START Given records

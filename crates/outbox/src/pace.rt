//! The pace: what was sent ahead of the rate, and what time takes off.
//!
//! A debt has 128 bits, which no sum or product here passes. A rate and a time are below 2^64, so
//! their product is below 2^128. A debt that lets a datagram go is at most 10 times the rate, so
//! with 1,000 for each octet of the datagram it is below 2^75.

ghost use Rattle.std.specs.Prelude.{◌≡◌, true, if◌then◌else◌};
ghost use Rattle.outbox.specs.Outbox.{is_paced, is_same, owed_octets, paid_off, since};

use crate::reading::Reading;

/// A datagram goes where at most so many milliseconds of the rate were sent ahead.
const SLACK: u128 = 10;

/// What an octet adds to the debt: as many milliseconds a rate of one octet a second takes for it.
const OF_AN_OCTET: u128 = 1000;

/// The milliseconds of the monotonic clock since the reading before.
pub(crate) fn since(before: Option<Reading>, now: Reading) -> u64
    ensures { result ≡ since before now }
{
    match before {
        Some(before) => now.monotonic.saturating_sub(before.monotonic),
        None => 0,
    }
}

/// Whether two readings lie in one contact.
fn is_same(before: Option<usize>, after: Option<usize>) -> bool
    ensures { result ≡ is_same before after }
{
    match (before, after) {
        (Some(before), Some(after)) => before == after,
        _ => false,
    }
}

/// What is left of a debt after so many milliseconds at a rate.
fn paid_off(rate: Option<u64>, debt: u128, time: u64) -> u128
    ensures { result ≡ paid_off rate debt time }
{
    match rate {
        Some(rate) => debt.saturating_sub(u128::from(rate) * u128::from(time)),
        None => 0,
    }
}

/// What is left of a debt at a reading, by the contact of the reading before and this one's.
pub(crate) fn debt_at(
    before: Option<usize>,
    contact: Option<usize>,
    rate: Option<u64>,
    debt: u128,
    time: u64,
) -> u128
    ensures { result ≡ (if is_same before contact then paid_off rate debt time else 0) }
{
    if is_same(before, contact) {
        paid_off(rate, debt, time)
    } else {
        0
    }
}

/// Whether the pace lets a datagram go.
pub(crate) fn is_paced(rate: Option<u64>, debt: u128) -> bool
    ensures { result ≡ is_paced rate debt }
{
    match rate {
        Some(rate) => debt <= SLACK * u128::from(rate),
        None => true,
    }
}

/// A debt with what a datagram of so many octets adds.
pub(crate) fn owed(rate: Option<u64>, debt: u128, octets: usize) -> u128
    requires { is_paced rate debt ≡ true }
    ensures { result ≡ owed_octets rate debt octets }
{
    match rate {
        Some(_) => debt + OF_AN_OCTET * octets as u128,
        None => debt,
    }
}
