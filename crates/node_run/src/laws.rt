//! What `node` writes and hands up, whoever is at the other end. Each law is the contract of a
//! function that does nothing but cite that of an engine.

ghost use Rattle.node_run.specs.Node.{BeginsWithFirst};
ghost use Rattle.node_run.specs.RedParts.{AnswersEvents, HandsUpRedParts, HandsUpEachOnce};

/// Whatever the input: what is written are the answers to the events that its first lines say, in
/// their order, and after them at most the line of a refusal. No line that is answered or refused
/// passes a limit, and at a limit the next one does. The `up` lines are exactly the red
/// parts that are handed up with these events: no session's twice, and each with the event that
/// makes it whole, and with no other.
pub fn answers_events()
    ensures { AnswersEvents }
{
    ltp_engine::laws::hands_up_red_parts();
    ltp_engine::laws::hands_up_each_once();
}

/// The red part of a session of the peer is handed up with the line after which its length is known
/// and each place below it is filled, and with no other. Place by place it is the first octet that
/// came in a red piece that was taken.
pub fn hands_up_red_parts()
    ensures { HandsUpRedParts }
{
    ltp_engine::laws::hands_up_red_parts();
}

/// No session's red part is handed up twice.
pub fn hands_up_each_once()
    ensures { HandsUpEachOnce }
{
    ltp_engine::laws::hands_up_each_once();
}

/// The first block that a node sends has the session with number 1.
pub fn begins_with_first()
    ensures { BeginsWithFirst }
{}
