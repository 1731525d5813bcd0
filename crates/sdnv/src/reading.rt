//! A number at the front of a text.

ghost use Rattle.std.specs.Prelude.{◌≡◌, ◌↔◌, ℕ, ◌+◌, ◌*◌, ◌^◌, ◌<◌, ◌≤◌, length, take, IfOk};
ghost use Rattle.sdnv.specs.Spelling.{Spells};
ghost use Rattle.sdnv.specs.Reading.{judged, read_of, IsShort, IsTooLong, IsTooLarge};

use crate::MOST;
use crate::fault::SdnvFault;

/// Reads the number at the front, and how many octets spell it (RFC 5050, section 4.1). More may
/// follow. No memory is taken.
pub fn read(bytes: &[u8]) -> Result<(u64, usize), SdnvFault>
    // What is read is spelled so.
    ensures found { IfOk result (λ x. (x.1 ≤ length bytes.now) × Spells (take x.1 bytes.now) x.0) }
    // What is spelled so is read, whatever follows it.
    ensures only { (n k : ℕ) → k ≤ length bytes.now → Spells (take k bytes.now) n
        → result ≡ Ok (n, k) }
    // Each fault comes if and only if it is true.
    ensures short { (result ≡ Err SdnvFault.Short) ↔ IsShort bytes.now }
    ensures too_long { (result ≡ Err SdnvFault.TooLong) ↔ IsTooLong bytes.now }
    ensures too_large { (result ≡ Err SdnvFault.TooLarge) ↔ IsTooLarge bytes.now }
    // All of this is one function of the octets.
    ensures exact { result ≡ read_of bytes.now }
{
    first_number(bytes)
}

/// Adds up the groups until an octet ends the number. Nine of them stay below 2^63.
#[inline(never)]
fn first_number(bytes: &[u8]) -> Result<(u64, usize), SdnvFault>
    ensures { result ≡ read_of bytes.now }
{
    let most = bytes.len().min(MOST - 1);
    let mut value: u64 = 0;
    for i in 0..most {
        let octet = bytes[i];
        value = value * 128 + (octet % 128) as u64;
        if octet < 128 {
            return Ok((value, i + 1));
        }
    }
    if bytes.len() < MOST {
        return Err(SdnvFault::Short);
    }
    tenth(value, bytes[MOST - 1])
}

/// The number that the tenth octet ends, if it does, after nine groups of this value.
fn tenth(value: u64, octet: u8) -> Result<(u64, usize), SdnvFault>
    requires { value < 2 ^ 63 }
    ensures goes_on { 128 ≤ octet → result ≡ Err SdnvFault.TooLong }
    ensures ends { octet < 128 → result ≡ judged (value * 128 + octet) 10 }
{
    if octet >= 128 {
        return Err(SdnvFault::TooLong);
    }
    if value >= 1 << 57 {
        return Err(SdnvFault::TooLarge);
    }
    Ok((value * 128 + octet as u64, MOST))
}
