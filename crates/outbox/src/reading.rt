//! A reading of two clocks.

/// What the clocks showed at one moment.
#[derive(Clone, Copy, Debug, PartialEq, Eq)]
pub struct Reading {
    /// The wall clock's: milliseconds since the start of the year 2000 UTC. It may be set, and then
    /// jumps either way.
    pub wall: u64,
    /// The monotonic clock's: milliseconds since some moment. It never falls.
    pub monotonic: u64,
}
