//! Self-delimiting numeric values, the numbers of RFC 5050 (section 4.1) and of LTP (RFC 5326).
//!
//! A number is written in groups of seven bits, the greatest first, an octet for each. Every octet
//! but the last has its high bit set. A text of 1 to 10 octets can spell a number below 2^64, and
//! may begin with groups of zeros.
//!
//! `read` takes a number from the front of a text, whatever follows it. `write` appends the
//! shortest text that spells a number, and `len` says how long that is.
#![tactic(auto)]

mod fault;
mod reading;
mod writing;

pub use fault::SdnvFault;
pub use reading::read;
pub use writing::{len, spells_shortest, write};

/// The most octets that can spell a number.
const MOST: usize = 10;
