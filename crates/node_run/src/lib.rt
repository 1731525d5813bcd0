//! The command `node`: one end of an LTP link on standard input and output (RFC 5326).
//!
//! A line of the input is an event: a datagram comes (`in`), a block is to be sent (`send`), or time
//! passes (`clock`). [`Node`] tells it to an engine, and writes what the engine does: datagrams to
//! be sent, red parts and pieces of green parts that are handed up, and notes. It is a `LineStep`
//! of `command_frame`, which holds the numbers of lines and the limits on them, and has each line
//! answered before the next is read.
//!
//! The definition is `specs/Node.antt`: the steps of an engine over the events, as lines. What an
//! engine does is none of this crate's business, and neither is the grammar of a line. `laws` has
//! what is handed up, in the words of the red parts themselves.
#![tactic(auto)]

pub mod laws;
mod link_end;
mod written_lines;

pub use link_end::Node;
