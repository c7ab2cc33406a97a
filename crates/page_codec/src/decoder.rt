ghost use Rattle.std.specs.Prelude.{◌≡◌, ◌+◌, ◌*◌, ◌<◌, ◌≤◌, ◌↔◌, List, length, replicate, IsTrue, IfOk, IfErr, OnOk, OnErr, IfSome, IfNone};
ghost use Rattle.blk_base.specs.declared.place.Mapping.{Mapping};
ghost use Rattle.blk_base.specs.declared.place.Mapping.TheVariants.{Unmapped};
ghost use Rattle.blk_base.specs.Limits.{IsGeometry};
ghost use Rattle.byte_fields.specs.Mappings.{state_of, target_of};
ghost use Rattle.page_codec.specs.Grammar.{HoldsMapping, IsPage, HasHead, IsSlot, IsSlotFault, IsPageFault};
ghost use Rattle.page_codec.specs.Runs.{AreReadTo, HasZeros};

use crate::encoder::{HEAD, RUN, RUN_BYTES, RUNS, WIDTH, put_head};
use crate::{MapPage, PageFault, PageHead};
use blk_base::{Block, Layout, Mapping, Mappings, PAGE_SLOTS, Pbn};
use byte_fields::{read_u8, read_u32};
use lane_kernels::all_zeros;

// Which numbers are data blocks is a question of the sizes, so it asks for some within their limits.
/// Reads a page. The fault is that the block begins as another page does, or else that of the least slot that has one.
/// After a fault each slot of `into` is unmapped.
pub fn decode(block: &Block, want: &PageHead, into: &mut MapPage) -> Result<(), PageFault>
    requires geometry { IsGeometry want.now.geometry }
    ensures head { into.new.head ≡ want.now }
    ensures ok { OnOk result (IsPage want.now block.now into.new.mappings) }
    ensures fault { IfErr result (λ fault. IsPageFault want.now block.now fault) }
    ensures outside { OnErr result
        ((mappings : List Mapping) → IsPage want.now block.now mappings → ⊥) }
    ensures emptied { OnErr result (into.new.mappings ≡ replicate PAGE_SLOTS Unmapped) }
{
    into.head = *want;
    match decode_mappings(block, want, &mut into.mappings) {
        Ok(()) => Ok(()),
        Err(fault) => {
            into.mappings.clear();
            Err(fault)
        }
    }
}

/// The same where the mappings alone are wanted. After a fault `into` has any mappings.
pub fn decode_mappings(block: &Block, want: &PageHead, into: &mut Mappings) -> Result<(), PageFault>
    requires { IsGeometry want.now.geometry }
    ensures ok { OnOk result (IsPage want.now block.now into.new) }
    ensures fault { IfErr result (λ fault. IsPageFault want.now block.now fault) }
{
    read_page(&block.bytes, want, into)
}

/// What one slot of a page says, whatever the others are. The fault is that the block begins as another page does, or
/// else that of the slot.
pub fn slot(block: &Block, want: &PageHead, slot: u16) -> Result<Mapping, PageFault>
    requires geometry { IsGeometry want.now.geometry }
    requires slot { slot < PAGE_SLOTS }
    ensures ok { IfOk result (λ mapping. IsSlot want.now block.now slot mapping) }
    ensures fault { IfErr result (λ fault. IsSlotFault want.now block.now slot fault) }
    ensures outside { OnErr result
        ((mapping : Mapping) → IsSlot want.now block.now slot mapping → ⊥) }
{
    if !has_head(&block.bytes, want) {
        return Err(PageFault::Header);
    }
    read_slot(&block.bytes, want, slot)
}

// The same for the bytes of a block.
// Most pages have no mapping or few, so what is unmapped is passed over at once, or else by runs.
fn read_page(bytes: &[u8], want: &PageHead, into: &mut Mappings) -> Result<(), PageFault>
    requires geometry { IsGeometry want.now.geometry }
    requires size { length bytes.now ≡ 4096 }
    ensures ok { OnOk result (IsPage want.now bytes.now into.new) }
    ensures fault { IfErr result (λ fault. IsPageFault want.now bytes.now fault) }
{
    if !has_head(bytes, want) {
        return Err(PageFault::Header);
    }
    into.clear();
    if all_zeros(&bytes[HEAD..]) {
        return Ok(());
    }
    for run in 0..RUNS {
        read_run(bytes, want, run, into)?;
    }
    Ok(())
}

// Reads the slots of a run, behind those of the runs before it.
fn read_run(bytes: &[u8], want: &PageHead, run: u16, into: &mut Mappings) -> Result<(), PageFault>
    requires geometry { IsGeometry want.now.geometry }
    requires size { length bytes.now ≡ 4096 }
    requires head { HasHead want.now bytes.now }
    requires run { run < 29 }
    requires read { AreReadTo want.now bytes.now (28 * run) into.old }
    ensures ok { OnOk result (AreReadTo want.now bytes.now (28 * (run + 1)) into.new) }
    ensures fault { IfErr result (λ fault. IsPageFault want.now bytes.now fault) }
{
    if has_zeros(bytes, run) {
        return Ok(());
    }
    for slot in RUN * run..RUN * (run + 1) {
        into.set(slot, read_slot(bytes, want, slot)?);
    }
    Ok(())
}

// Whether the slots of a run are all zeros.
// Long to prove: a run of bytes is tied to its slots.
fn has_zeros(bytes: &[u8], run: u16) -> bool
    requires size { length bytes.now ≡ 4096 }
    requires run { run < 29 }
    ensures { IsTrue result ↔ HasZeros run bytes.now }
{
    let at = HEAD + RUN_BYTES * run as usize;
    all_zeros(&bytes[at..at + RUN_BYTES])
}

// Whether the bytes begin as this page does.
fn has_head(bytes: &[u8], want: &PageHead) -> bool
    requires { 36 ≤ length bytes.now }
    ensures { IsTrue result ↔ HasHead want.now bytes.now }
{
    let mut head = [0; HEAD];
    put_head(&mut head, want);
    let front = &bytes[..HEAD];
    front == head.as_slice()
}

// What a slot says of a page that has the right head.
fn read_slot(bytes: &[u8], want: &PageHead, slot: u16) -> Result<Mapping, PageFault>
    requires geometry { IsGeometry want.now.geometry }
    requires size { length bytes.now ≡ 4096 }
    requires slot { slot < PAGE_SLOTS }
    requires head { HasHead want.now bytes.now }
    ensures ok { IfOk result (λ mapping. IsSlot want.now bytes.now slot mapping) }
    ensures fault { IfErr result (λ fault. IsSlotFault want.now bytes.now slot fault) }
{
    let at = HEAD + WIDTH * slot as usize;
    let first = read_u8(bytes, at);
    if first % 16 > 1 {
        return Err(PageFault::Compressed(slot));
    }
    match mapping_of(first, read_u32(bytes, at + 1), want) {
        Some(mapping) => Ok(mapping),
        None => Err(PageFault::OutOfRange(slot)),
    }
}

// The mapping that has this first byte and this block, if the page can hold it.
fn mapping_of(first: u8, block: u32, want: &PageHead) -> Option<Mapping>
    requires { IsGeometry want.now.geometry }
    ensures some { IfSome result (λ m.
        (state_of m ≡ first) × (target_of m ≡ block)
        × HoldsMapping want.now.geometry want.now.page.level m) }
    ensures none { IfNone result
        ((m : Mapping) → state_of m ≡ first → target_of m ≡ block →
        HoldsMapping want.now.geometry want.now.page.level m → ⊥) }
{
    if first == 0 && block == 0 {
        Some(Mapping::Unmapped)
    } else if first == 1 && block == 0 && want.page.level == 0 {
        Some(Mapping::Zero)
    } else if first == 1 && Layout::of(&want.geometry).is_data_block(Pbn(block)) {
        Some(Mapping::At(Pbn(block)))
    } else {
        None
    }
}
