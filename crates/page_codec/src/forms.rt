use blk_base::{Geometry, Mappings, PageId, Pbn};

/// Which page it is: of an image of these sizes, with this place in the block map, at this block.
#[derive(Clone, Copy, Debug, PartialEq, Eq)]
pub struct PageHead {
    pub geometry: Geometry,
    pub page: PageId,
    pub at: Pbn,
}

/// A page of the block map: which one it is, and what its slots say.
#[derive(Drop)]
pub struct MapPage {
    pub head: PageHead,
    pub mappings: Mappings,
}
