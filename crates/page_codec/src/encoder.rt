ghost use Rattle.std.specs.Prelude.{◌≡◌, ◌*◌, ◌≤◌, length, take, replicate, flat_map};
ghost use Rattle.std.specs.Bool.{OnTrue};
ghost use Rattle.blk_base.specs.declared.place.Mapping.TheVariants.{Unmapped};
ghost use Rattle.blk_base.specs.declared.sizes.TheConstants.{PAGE_SLOTS};
ghost use Rattle.byte_fields.specs.Mappings.{mapping_bytes};
ghost use Rattle.page_codec.specs.PageBytes.{head_bytes, page_bytes};

use crate::{MapPage, PageHead};
use blk_base::{Block, Mapping};
use byte_fields::{put, put_mapping, put_u8, put_u16, put_u32, put_u64};

/// How many bytes stand before the first slot.
pub(crate) const HEAD: usize = 36;

/// How many bytes a slot has.
pub(crate) const WIDTH: usize = 5;

/// How many slots of a page are looked at at once: all of them are so many runs.
pub(crate) const RUN: u16 = 28;

/// How many runs a page has.
pub(crate) const RUNS: u16 = 29;

/// How many bytes a run has.
pub(crate) const RUN_BYTES: usize = 140;

/// Writes the page's bytes, as the tables of this crate say.
pub fn encode(page: &MapPage, into: &mut Block)
    ensures { into.new ≡ page_bytes page.now.head page.now.mappings }
{
    into.bytes = [0; 4096];
    let (head, slots) = into.bytes.split_at_mut(HEAD);
    put_head(head, &page.head);
    put_slots(slots, page.mappings.as_slice());
}

/// The same for a page whose slots are all unmapped, without a list of them.
pub fn encode_unmapped(head: &PageHead, into: &mut Block)
    ensures { into.new ≡ page_bytes head.now (replicate PAGE_SLOTS Unmapped) }
{
    into.bytes = [0; 4096];
    let (front, _) = into.bytes.split_at_mut(HEAD);
    put_head(front, head);
}

// Long to prove: eight fields are put behind one another.
/// Writes the first bytes of a page.
#[tactic(auto, unfolding(crate::specs::PageBytes::head_bytes))]
pub(crate) fn put_head(page: &mut [u8], head: &PageHead)
    requires { 36 ≤ length page.old }
    ensures { take 36 page.new ≡ head_bytes head.now }
{
    put(page, 0, b"VMP1");
    put_u64(page, 4, head.geometry.nonce);
    put_u64(page, 12, u64::from(head.at.0));
    put_u8(page, 20, head.page.tree);
    put_u8(page, 21, head.page.level);
    put_u16(page, 22, 0);
    put_u32(page, 24, head.page.index);
    put_u64(page, 28, 0);
}

// Writes all slots of a page over zeros.
// Most pages have few mappings, so what is unmapped is passed over by runs.
fn put_slots(page: &mut [u8], mappings: &[Mapping])
    requires zeros { page.old ≡ replicate 4060 0 }
    requires count { length mappings.now ≡ 812 }
    ensures { page.new ≡ flat_map mapping_bytes mappings.now }
{
    for run in 0..RUNS {
        let first = (RUN * run) as usize;
        let slots = &mappings[first..first + RUN as usize];
        if !are_unmapped(slots) {
            let at = RUN_BYTES * run as usize;
            put_run(&mut page[at..at + RUN_BYTES], slots);
        }
    }
}

// No slot ends the loop, so it takes about one instruction for each.
/// Whether each slot is unmapped.
#[inline(always)]
pub fn are_unmapped(slots: &[Mapping]) -> bool
    ensures { OnTrue result (slots.now ≡ replicate (length slots.now) Unmapped) }
{
    let mut unmapped = true;
    for mapping in slots {
        unmapped &= matches!(mapping, Mapping::Unmapped);
    }
    unmapped
}

// Writes the slots of a run.
fn put_run(run: &mut [u8], slots: &[Mapping])
    requires { length run.old ≡ 5 * length slots.now }
    ensures { run.new ≡ flat_map mapping_bytes slots.now }
{
    for (slot, mapping) in slots.iter().enumerate() {
        put_mapping(run, WIDTH * slot, *mapping);
    }
}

END Given records

* What is needed: From the material above, copy exactly the lines between the line holding "pub use reading::read;" and the line holding "be sent, red", inclusive, and only those.

* Solved exercise:
pub use reading::read;
pub use writing::{len, spells_shortest, write};

/// The most octets that can spell a number.
const MOST: usize = 10;
filename crates/node_run/src/lib.rt
repository 1731525d5813bcd0
//! The command `node`: one end of an LTP link on standard input and output (RFC 5326).
//!
//! A line of the input is an event: a datagram comes (`in`), a block is to be sent (`send`), or time
//! passes (`clock`). [`Node`] tells it to an engine, and writes what the engine does: datagrams to
//! be sent, red parts and pieces of green parts that are handed up, and notes. It is a `LineStep`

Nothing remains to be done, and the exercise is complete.